Muammer Bilgiç kimdir? Muammer Bilgiç kitapları ve sözleri
Türk Siyasetçi Muammer Bilgiç hayatı araştırılıyor. Peki Muammer Bilgiç kimdir? Muammer Bilgiç aslen nerelidir? Muammer Bilgiç ne zaman, nerede doğdu? Muammer Bilgiç hayatta mı? İşte Muammer Bilgiç hayatı...

Doğum Tarihi:
Doğum Yeri:
Muammer Bilgiç kimdir?
Kiraz ayında doğdu.
Erken yaşta pilli, kurmalı ve çekmeli bilumum oyuncaktan bıktı ve çamuru keşfiyle birlikte ambar altında kendi oyuncaklarını kendi yaptı.
Ünye- Fatsa arasında geçen çocukluk yıllarında Tipi Tip çıkartmaları, gazoz kapakları ve Tommiks çizgi romanları biriktirdi.
Eylül’ün sonbahar başlangıcı olduğunu sekiz yaşındayken daha bir hissetti.
Kendisini dayısının mütevazı kütüphanesine gömdü.
Molnar’ın Pal Sokağı Çocukları kitabı yaşama bakışını değiştirdi ve etrafını organize etmeye karar verdi.
Herkesin Cüneyt Arkın rolünü üstelendiği günlerde o Erol Taş’a haksızlık yapıldığını düşündü.
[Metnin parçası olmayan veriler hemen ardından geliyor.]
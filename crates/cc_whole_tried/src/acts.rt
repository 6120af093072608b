//! Acts without a meaning: each by several programs, and the order in which parts of a statement come to them.

use crate::trial::ends;
use cc_whole_memory::Act;
use cc_whole_run::End;
use std::alloc::Global;
use std::process::Abort;
use std::test::Fail;

/// An act, and the statements of a `main` that come to it.
type Row = (Act, &'static str);

const INTEGERS: [Row; 9] = [
    (Act::A1, "return 2147483647 + 1;"),
    (Act::A1, "return -(-2147483648);"),
    (Act::A1, "return -2147483648 / -1;"),
    (Act::A2, "return 1 / 0;"),
    (Act::A2, "return 1 % 0;"),
    (Act::A2, "return (int)(1u / 0u);"),
    (Act::A3, "return 1 << 32;"),
    (Act::A3, "return 1 >> -1;"),
    (Act::A3, "return (int)(1u << 32u);"),
];

const NULL: [Row; 7] = [
    (Act::A4, "return *(int *)((char *)0);"),
    (Act::A4, "*(int *)((char *)0) = 1;"),
    (Act::A4, "p = (char *)0 + 0;"),
    (Act::A4, "return (char *)0 < a;"),
    (Act::A4, "return a - (char *)0;"),
    (Act::A4, "f = 0; x = ((int (*)(void))(f))();"),
    (Act::A4, "atexit((__f)0); return 1;"),
];

const DEAD: [Row; 7] = [
    (
        Act::A5,
        "{ int z; z = 5; p = (char *)&z; } return *(int *)(p);",
    ),
    (Act::A5, "{ int z; p = (char *)&z; } *(int *)(p) = 1;"),
    (Act::A5, "{ int z; p = (char *)&z; } q = p + 0;"),
    (Act::A5, "{ int z; p = (char *)&z; } return p < p;"),
    (Act::A5, "{ int z; p = (char *)&z; } return p - p;"),
    (Act::A5, "p = malloc(8u); free(p); return *(int *)(p);"),
    (Act::A5, "p = malloc(8u); free(p); *(int *)(p) = 1;"),
];

const OUTSIDE: [Row; 6] = [
    (Act::A6, "return *(int *)(a + 8);"),
    (Act::A6, "*(char *)(a + 8) = (char)1;"),
    (Act::A6, "*(int *)(a + 5) = 1;"),
    (Act::A6, "p = a + 9;"),
    (Act::A6, "p = a - 1;"),
    (Act::A6, "p = malloc(4u); *(int *)(p + 1) = 1;"),
];

const NO_VALUE: [Row; 10] = [
    (Act::A7, "return x;"),
    (Act::A7, "x = 1; return (int)*(char *)((char *)&x);"),
    (Act::A7, "x = 0; p = (char *)&x; return *(char **)(p) == 0;"),
    (
        Act::A7,
        "*(int *)(a) = 1; *(char *)(a + 3) = (char)2; return *(int *)(a);",
    ),
    (
        Act::A7,
        "*(char *)(a + 3) = (char)2; *(int *)(a) = 1; return (int)*(char *)(a + 3);",
    ),
    (Act::A7, "y = 1; y = x; return y;"),
    (
        Act::A7,
        "x = 1; c = *(char *)((char *)&x + 1); return (int)c;",
    ),
    (Act::A7, "y = x + 0; return 0;"),
    (Act::A7, "if (x) { } return 0;"),
    (Act::A7, "p = malloc(8u); return *(int *)(p);"),
];

const BLOCKS: [Row; 4] = [
    (Act::A8, "return a - (char *)&x;"),
    (Act::A8, "return a >= (char *)&x;"),
    (Act::A8, "{ int z; p = (char *)&z; } return p < a;"),
    (Act::A8, "p = malloc(8u); q = malloc(8u); return p < q;"),
];

const FREED: [Row; 5] = [
    (Act::A10, "p = malloc(8u); free(p); free(p);"),
    (Act::A10, "p = malloc(8u); free(p + 4);"),
    (Act::A10, "p = malloc(8u); free(p + 8);"),
    (Act::A10, "free(a);"),
    (Act::A10, "free((char *)&x);"),
];

/// Operands and arguments go left to right, the place before the value, a value before it is stored.
const ORDER: [Row; 9] = [
    (Act::A2, "return (1 / 0) + (1 << 32);"),
    (Act::A3, "return (1 << 32) + (1 / 0);"),
    (Act::A6, "*(int *)(a + 99) = 1 / 0;"),
    (Act::A2, "*(int *)(a + (1 / 0)) = 1 << 32;"),
    (Act::A2, "*(int *)((char *)0) = 1 / 0;"),
    (Act::A7, "*(int *)((char *)0) = x + 0;"),
    (Act::A4, "*(int *)((char *)0) = 1 + 2;"),
    (Act::A2, "free(a + (1 / 0));"),
    (Act::A6, "*(int *)(a + 99) = getchar();"),
];

fn all_come(rt: &impl Abort, alloc: Global, rows: &[Row]) -> Result<(), Fail> {
    for (act, main) in rows {
        ends(rt, alloc, "", main, End::Undefined { act: *act })?;
    }
    Ok(())
}

#[test]
fn integers(rt: HostRuntime) -> Result<(), Fail> {
    all_come(&rt, rt.alloc(), INTEGERS.as_slice())
}

#[test]
fn null(rt: HostRuntime) -> Result<(), Fail> {
    all_come(&rt, rt.alloc(), NULL.as_slice())
}

#[test]
fn ended_blocks(rt: HostRuntime) -> Result<(), Fail> {
    all_come(&rt, rt.alloc(), DEAD.as_slice())
}

#[test]
fn places_outside_their_blocks(rt: HostRuntime) -> Result<(), Fail> {
    all_come(&rt, rt.alloc(), OUTSIDE.as_slice())
}

#[test]
fn no_value_of_that_kind(rt: HostRuntime) -> Result<(), Fail> {
    all_come(&rt, rt.alloc(), NO_VALUE.as_slice())
}

#[test]
fn pointers_into_different_blocks(rt: HostRuntime) -> Result<(), Fail> {
    all_come(&rt, rt.alloc(), BLOCKS.as_slice())
}

#[test]
fn what_is_freed(rt: HostRuntime) -> Result<(), Fail> {
    all_come(&rt, rt.alloc(), FREED.as_slice())
}

#[test]
fn order_inside_a_statement(rt: HostRuntime) -> Result<(), Fail> {
    all_come(&rt, rt.alloc(), ORDER.as_slice())
}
Bütün yakışıklıların iyi bütün çirkinlerin kötü gösterilmesinin bir algı operasyonu olabileceğini fark etti.
Okulu kırdığı bir kış günü ısınmak için girdiği kıraathanenin televizyonunda siyah-beyaz İsrail gerçeği ile göz göze geldi.
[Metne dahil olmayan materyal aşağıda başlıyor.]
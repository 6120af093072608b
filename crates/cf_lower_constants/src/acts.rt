//! What an action of an initialiser gives.

ghost use Rattle.std.specs.Prelude.{◌≡◌, length, Some, IfOk};
ghost use Rattle.cf_base.specs.declared.kind.Kind.TheVariants as kind;
ghost use Rattle.cf_core.specs.FromTypes.{type_of};
ghost use Rattle.cf_core.specs.Types.{array, integer};
ghost use Rattle.cf_lower.specs.Constants as definition;
ghost use Rattle.cf_lower.specs.Written.{literal_name as literal_name_of};
ghost use Rattle.cf_lower_layout.specs.Sorts.{address, sort_of as sort_of_type};
ghost use Rattle.cf_lower_types.specs.Bare.{classes_of};
ghost use Rattle.cf_plain.specs.Plain as plain;
ghost use Rattle.cf_lower_constants.specs.Sites.{action_at, told, told_all};
ghost use Rattle.cf_lower_constants.specs.declared.known.Fact.TheVariants as facts;

use crate::known::{
    Fact, Known, Target, as_address, converted, inverted, nameless, of_truth, truth,
};
use crate::numbers::{changed_to, number_of, of_number, operated_on};
use crate::places::{decayed, pointer_operated, sum};
use crate::registers::Knowns;
use crate::site::Site;
use cf_base::{Arith, Bytes, Items, Kind, Memory, Name};
use cf_core::UnaryOperator;
use cf_lower_names::literal_name;
use cf_lower_types::sort_of;
use cf_plain::Action;
use cf_types::TyId;

/// The start of the object of this name.
fn start(name: Name, target: Target) -> Known
    ensures { result ≡ record { fact = facts.Place 0; target = target; name = name } }
{
    Known {
        fact: Fact::Place(0),
        target,
        name,
    }
}

/// What an operator gives at what two registers hold (5.6 to 5.13).
fn operated(
    x: &Site<'_>,
    known: &Knowns,
    op: Arith,
    kind: Kind,
    left: u32,
    right: u32,
) -> Result<Known, Memory>
    ensures { IfOk result (λ given. told x.now given ≡ definition.known_by (classes_of x.now.tables.now) x.now.owner.now (told_all x.now known.now) (plain.operate op kind left right)) }
{
    let a = known.get(x.alloc, left)?;
    let b = known.get(x.alloc, right)?;
    let given = operated_on(op, kind, number_of(&a.fact), number_of(&b.fact))?;
    Ok(nameless(x.alloc, of_number(given)))
}

/// What an operator gives at what one register holds (5.3).
fn changed(
    x: &Site<'_>,
    known: &Knowns,
    op: UnaryOperator,
    kind: Kind,
    operand: u32,
) -> Result<Known, Memory>
    ensures { IfOk result (λ given. told x.now given ≡ definition.known_by (classes_of x.now.tables.now) x.now.owner.now (told_all x.now known.now) (plain.unary op kind operand)) }
{
    let a = known.get(x.alloc, operand)?;
    let given = changed_to(op, kind, number_of(&a.fact))?;
    Ok(nameless(x.alloc, of_number(given)))
}

/// Whether what a register holds is neither 0 nor null, where that is known (4.1, 5.3).
pub fn decided(x: &Site<'_>, known: &Knowns, register: u32) -> Result<Option<bool>, Memory>
    ensures { IfOk result (λ given. given ≡ definition.holds_truth (told_all x.now known.now register)) }
{
    let held = known.get(x.alloc, register)?;
    Ok(truth(&held.fact))
}

/// The truth of what a register holds, as a number (5.3).
fn tested(x: &Site<'_>, known: &Knowns, operand: u32) -> Result<Known, Memory>
    ensures { IfOk result (λ given. told x.now given ≡ definition.truth_known (definition.holds_truth (told_all x.now known.now operand))) }
{
    let given = decided(x, known, operand)?;
    Ok(nameless(x.alloc, of_truth(given)))
}

/// The other truth.
fn denied(x: &Site<'_>, known: &Knowns, operand: u32) -> Result<Known, Memory>
    ensures { IfOk result (λ given. told x.now given ≡ definition.truth_known (definition.inverted (definition.holds_truth (told_all x.now known.now operand)))) }
{
    let given = decided(x, known, operand)?;
    Ok(nameless(x.alloc, of_truth(inverted(given))))
}

/// A literal (2.5.4).
fn text(x: &Site<'_>, number: u32, bytes: &Bytes) -> Result<Known, Memory>
    ensures { IfOk result (λ given. told x.now given ≡ definition.at (literal_name_of x.now.owner.now number) 0 (array (integer kind.Char) (length bytes.now))) }
{
    let name = literal_name(x.alloc, x.owner, number)?;
    Ok(start(name, Target::Characters(bytes.len() as u64)))
}

/// A static object.
fn object(x: &Site<'_>, name: &Name, ty: TyId) -> Result<Known, Memory>
    ensures { IfOk result (λ given. told x.now given ≡ definition.at name.now 0 (type_of x.now.tables.now ty)) }
{
    let copy = Items::from_slice(x.alloc, name.as_slice())?;
    Ok(start(copy, Target::Exactly(ty)))
}

/// A function.
fn function(x: &Site<'_>, name: &Name) -> Result<Known, Memory>
    ensures { IfOk result (λ given. told x.now given ≡ definition.a_function name.now) }
{
    let copy = Items::from_slice(x.alloc, name.as_slice())?;
    Ok(Known {
        fact: Fact::Function,
        target: Target::Void,
        name: copy,
    })
}

/// What a register holds, as a value of this type (4).
fn as_type(x: &Site<'_>, known: &Knowns, ty: TyId, operand: u32) -> Result<Known, Memory>
    ensures { IfOk result (λ given. told x.now given ≡ definition.converted_known (classes_of x.now.tables.now) (sort_of_type (type_of x.now.tables.now ty)) (told_all x.now known.now operand)) }
{
    let held = known.get(x.alloc, operand)?;
    let scalar = sort_of(x.tables, ty);
    Ok(converted(&scalar, held))
}

/// The same as the address of an object of this type (5.4).
fn addressed(x: &Site<'_>, known: &Knowns, ty: TyId, operand: u32) -> Result<Known, Memory>
    ensures { IfOk result (λ given. told x.now given ≡ definition.converted_known (classes_of x.now.tables.now) (Some (address (type_of x.now.tables.now ty))) (told_all x.now known.now operand)) }
{
    let held = known.get(x.alloc, operand)?;
    Ok(as_address(Target::Exactly(ty), held))
}

/// What a register holds that is set by an action.
pub fn known_by(x: &Site<'_>, known: &Knowns, a: &Action) -> Result<Known, Memory>
    ensures { IfOk result (λ given. told x.now given ≡ definition.known_by (classes_of x.now.tables.now) x.now.owner.now (told_all x.now known.now) (action_at x.now a.now)) }
{
    match a {
        Action::Number { value } => Ok(nameless(x.alloc, Fact::Number(*value))),
        Action::Text { number, bytes } => text(x, *number, bytes),
        Action::Static { name, ty } => object(x, name, *ty),
        Action::Function { name, .. } => function(x, name),
        Action::Dereference { pointer } => {
            let held = known.get(x.alloc, *pointer)?;
            Ok(held)
        }
        Action::Decay { array } => {
            let held = known.get(x.alloc, *array)?;
            Ok(decayed(x, held))
        }
        Action::Index { left, right } => {
            let a = known.get(x.alloc, *left)?;
            let b = known.get(x.alloc, *right)?;
            let given = sum(x, a, b)?;
            Ok(given)
        }
        Action::Convert { ty, operand } => as_type(x, known, *ty, *operand),
        Action::FromVoid { ty, operand } => addressed(x, known, *ty, *operand),
        Action::Operate {
            op,
            kind,
            left,
            right,
        } => operated(x, known, *op, *kind, *left, *right),
        Action::Unary { op, kind, operand } => changed(x, known, *op, *kind, *operand),
        Action::Truth { operand } => tested(x, known, *operand),
        Action::Not { operand } => denied(x, known, *operand),
        Action::PointerOperate { op, left, right } => {
            let a = known.get(x.alloc, *left)?;
            let b = known.get(x.alloc, *right)?;
            let given = pointer_operated(x, *op, a, b)?;
            Ok(given)
        }
        _ => Ok(nameless(x.alloc, Fact::Nothing)),
    }
}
Lise koridorlarında yaklaşık iki ay her teneffüs kapitalizme ve jakoben yönetim anlayışına dair yaptığı eleştirilerin ardından arkadaşlarıyla birlikte gazete çıkarmaya soyundu ve aynı gün Çağrı Gazetesi’nin basıldığı Özler Matbaasında Refah Partisi mensupları ile karşılaştı.
İlk seçim çalışmasına 1989 yılının ilkbaharında biri ticari taksi, biri açık kasa kamyonet, biri de saçı sakalı ağarmış gurbetçi bir amcaya ait yabancı plakalı otomobilden mütevellit üç araçlık konvoyda kamyonet kasasında slogan atan gençler arasında yer alarak katıldı.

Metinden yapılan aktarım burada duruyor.